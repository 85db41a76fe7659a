// What `tvrun` does between reading its files and writing its answer: the words of a file, the budget and the tape, and the lines of
// an answer.
#![tactic(auto)]

ghost use Rattle.std.specs.Prelude.{◌≡◌, take};
ghost use Rattle.files.specs.Words.{file_words};
ghost use Rattle.files.specs.inner.Told.{Told};
ghost use Rattle.files.specs.Told.{Prints};

mod lines;
mod numbers;
mod text;

use lines::text_of;
pub use numbers::{budget_of, tape_of, words_of};
use search::run;

/// "`problem.tbv` (at most 25,098 bytes of it)": one more than the longest that is accepted.
pub const PROBLEM_ROOM: usize = 25098;

/// The bytes of 1,024 words: `start.bin`'s "at most 1,024", and of `tape.bin` the budget and "up to 1,023 further words".
pub const WORDS_ROOM: usize = 8192;

/// Room for the longest text (specs/laws/Whole).
pub const TEXT_ROOM: usize = 43104;

// Runs the problem from the values lent, with the words of `tape.bin`, and puts the answer's lines at the start of out.
fn tell(problem: &[u8], values: &mut [u64], words: &[u64], out: &mut [u8]) -> usize
    ensures { Told problem.now values.old words.now out.old out.new result }
{
    let answer = run(problem, values, tape_of(words), budget_of(words));
    text_of(problem, values, answer, out)
}

// The same from the bytes of the two files of words.
fn tell_files(problem: &[u8], start: &[u8], tape: &[u8], out: &mut [u8]) -> usize
    ensures { Told problem.now (file_words start.now) (file_words tape.now) out.old out.new result }
{
    let mut values = [0u64; 1024];
    let lent = words_of(start, &mut values);
    let mut words = [0u64; 1024];
    let got = words_of(tape, &mut words);
    tell(problem, &mut values[..lent], &words[..got], out)
}

// The first n bytes, all of them where there are no more.
fn front(s: &[u8], n: usize) -> &[u8]
    ensures { result.now ≡ take n s.now }
{
    &s[..n.min(s.len())]
}

/// Puts what `tvrun` prints, from what was read of its three files (so many bytes of each), at the start of out, and answers how
/// many bytes that is. The whole text has room.
// (Arrays with their lengths beside them, 7 parameters: `Prints` and `output_determined` speak of the places that were read into.)
pub fn output(
    problem: &[u8; PROBLEM_ROOM],
    p: usize,
    start: &[u8; WORDS_ROOM],
    s: usize,
    tape: &[u8; WORDS_ROOM],
    t: usize,
    out: &mut [u8; TEXT_ROOM],
) -> usize
    ensures { Prints problem.now p start.now s tape.now t out.old out.new result }
{
    tell_files(front(problem, p), front(start, s), front(tape, t), out)
}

■ **WORK ITEM**
Begin with the line that contains "were read into.)". Repeat it and every line after it through the end of the listing, exactly, and print nothing more.

■ **FINISHED TASK**
// (Arrays with their lengths beside them, 7 parameters: `Prints` and `output_determined` speak of the places that were read into.)
pub fn output(
    problem: &[u8; PROBLEM_ROOM],
    p: usize,
    start: &[u8; WORDS_ROOM],
    s: usize,
    tape: &[u8; WORDS_ROOM],
    t: usize,
    out: &mut [u8; TEXT_ROOM],
) -> usize
    ensures { Prints problem.now p start.now s tape.now t out.old out.new result }
{
    tell_files(front(problem, p), front(start, s), front(tape, t), out)
}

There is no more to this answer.